- **What is needed**
How many lines below include the string "hold"? State the number alone.

[Start of Attachment]

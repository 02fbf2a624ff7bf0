//! Each body has one spelling, and is decoded from it alone. Each law is the contract of a function
//! that does nothing.

ghost use Rattle.asm_formats.specs.Codecs.{AreBlocks, AreSmall, ClaimCodec, FrameCodec, HeaderCodec, IsItemCodec, IsStatusCodec, LogHeadCodec, RecordCodec};

/// The header of a disk.
#[tactic(auto, using(crate::proofs::Bodies::header_codec))]
pub fn header_codec()
    ensures { HeaderCodec }
{}

/// The claim of an epoch.
#[tactic(auto, using(crate::proofs::Bodies::claim_codec))]
pub fn claim_codec()
    ensures { ClaimCodec }
{}

/// The status record, in version 2 and in version 1.
#[tactic(auto, using(crate::proofs::Bodies::status_codec))]
pub fn status_codec()
    ensures { IsStatusCodec }
{}

/// Key and value of a directory record in its block.
#[tactic(auto, using(crate::proofs::Bodies::frame_codec))]
pub fn frame_codec()
    ensures { FrameCodec }
{}

/// The value of a directory record of each kind.
#[tactic(auto, using(crate::proofs::Bodies::item_codec))]
pub fn item_codec()
    ensures { IsItemCodec }
{}

/// A directory record of each kind, as a block.
#[tactic(auto, using(crate::proofs::Bodies::record_codec))]
pub fn record_codec()
    ensures { RecordCodec }
{}

/// The head of a log.
#[tactic(auto, using(crate::proofs::Bodies::log_head_codec))]
pub fn log_head_codec()
    ensures { LogHeadCodec }
{}

/// Each spelling is a block.
#[tactic(auto, using(crate::proofs::Sizes::are_blocks))]
pub fn spellings_are_blocks()
    ensures { AreBlocks }
{}

/// How much a status record and a directory record hold at most.
#[tactic(auto, using(crate::proofs::Sizes::are_small))]
pub fn records_are_small()
    ensures { AreSmall }
{}
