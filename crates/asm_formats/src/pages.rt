//! Pages, each zeros or the block of one record, and the records of many. Each law is the contract
//! of a function that does nothing.

ghost use Rattle.asm_formats.specs.PageLaws.{IsPageCodec, OrderedListsAreOne, PagesHaveRecords, RecordsAreApart, RecordsAreOfPages};

/// A page is zeros or the block of one record.
pub fn page_codec()
    ensures { IsPageCodec }
{}

/// The records of a copy are those of its pages, in the order of their keys.
pub fn records_are_of_pages()
    ensures { RecordsAreOfPages }
{}

/// Pages that decode and hold different keys have records.
pub fn pages_have_records()
    ensures { PagesHaveRecords }
{}

/// Two lists in key order with the same items are one.
pub fn ordered_lists_are_one()
    ensures { OrderedListsAreOne }
{}

/// Pages that have records hold different keys.
pub fn records_are_apart()
    ensures { RecordsAreApart }
{}
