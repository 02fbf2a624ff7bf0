//! The disks of a group on their media: what the bytes of a disk say, from blocks and fields up to
//! its metadata, and the laws of it. All crates that read or write a disk stand on these
//! definitions.
#![tactic(auto)]

pub mod codecs;
pub mod damage;
pub mod follows;
pub mod frames;
pub mod logs;
pub mod pages;
pub mod puts;
pub mod rows;
pub mod writes;
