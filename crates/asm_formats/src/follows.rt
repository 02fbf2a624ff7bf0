//! The order of status records, and which may follow which. Each law is the contract of a function
//! that does nothing.

ghost use Rattle.asm_formats.specs.Following.{IsRanked, SameSetsFollow};

/// The order is that of the epochs, and then of the turns.
#[tactic(auto, using(crate::proofs::Orders::is_ranked))]
pub fn records_are_ranked()
    ensures { IsRanked }
{}

/// A record with the sets of another follows it.
#[tactic(auto, using(crate::proofs::Orders::same_sets_follow))]
pub fn same_sets_follow()
    ensures { SameSetsFollow }
{}
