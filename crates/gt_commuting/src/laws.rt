//! Laws about items that change places. Each law is a function with an empty body, whose contract is the law.
ghost use Rattle.gt_commuting.specs.Swapping.{ApartChangePlaces, BeginningsAreApart, LookAlikeGoOn};
ghost use Rattle.gt_commuting.specs.Swapping.{StepsThatTouchApartAreApart};

/// Proves that an item that is right after one of two histories that look the same to every domain is right after
/// the other one too, and that they look the same after it.
pub fn every_look_alike_goes_on()
    ensures { LookAlikeGoOn }
{}

/// Proves that two items of different domains that do not disturb each other may come in either order.
pub fn items_that_are_apart_change_places()
    ensures { ApartChangePlaces }
{}

/// Proves that a beginning and an item of another domain do not disturb each other.
pub fn every_beginning_is_apart()
    ensures { BeginningsAreApart }
{}

/// Proves that steps of different domains do not disturb each other if they touch nothing in common that one of them
/// changes: no entry, no header that one of them stores, and no frames of an owner to which one of them writes. An unpin
/// touches the entries on which it releases a pin. A look at a body word of an entry disturbs no step on that entry, and
/// only a store of a body word disturbs it.
pub fn steps_that_touch_apart_are_apart()
    ensures { StepsThatTouchApartAreApart }
{}
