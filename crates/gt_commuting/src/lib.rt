//! Items that change places: when two items of two domains may come in either order in a history.
//!
//! Each law is a function that does nothing, whose contract is the law. Histories that look the same to every domain go
//! on alike ([`every_look_alike_goes_on`]). Items of different domains that do not disturb each other may come in
//! either order ([`items_that_are_apart_change_places`]). A beginning and an item of another domain do not disturb each
//! other ([`every_beginning_is_apart`]), and neither do two steps that touch nothing in common
//! ([`steps_that_touch_apart_are_apart`]). The search of `gt_explore_moves` omits orders by these laws.
//!
//! It uses `gt_core` and `gt_model` (histories and what is legal). Its definitions also name `gt_types`.
#![tactic(auto)]

mod laws;

pub use laws::{
    every_beginning_is_apart, every_look_alike_goes_on, items_that_are_apart_change_places,
    steps_that_touch_apart_are_apart,
};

[End of Attachment]

- **Your response**
3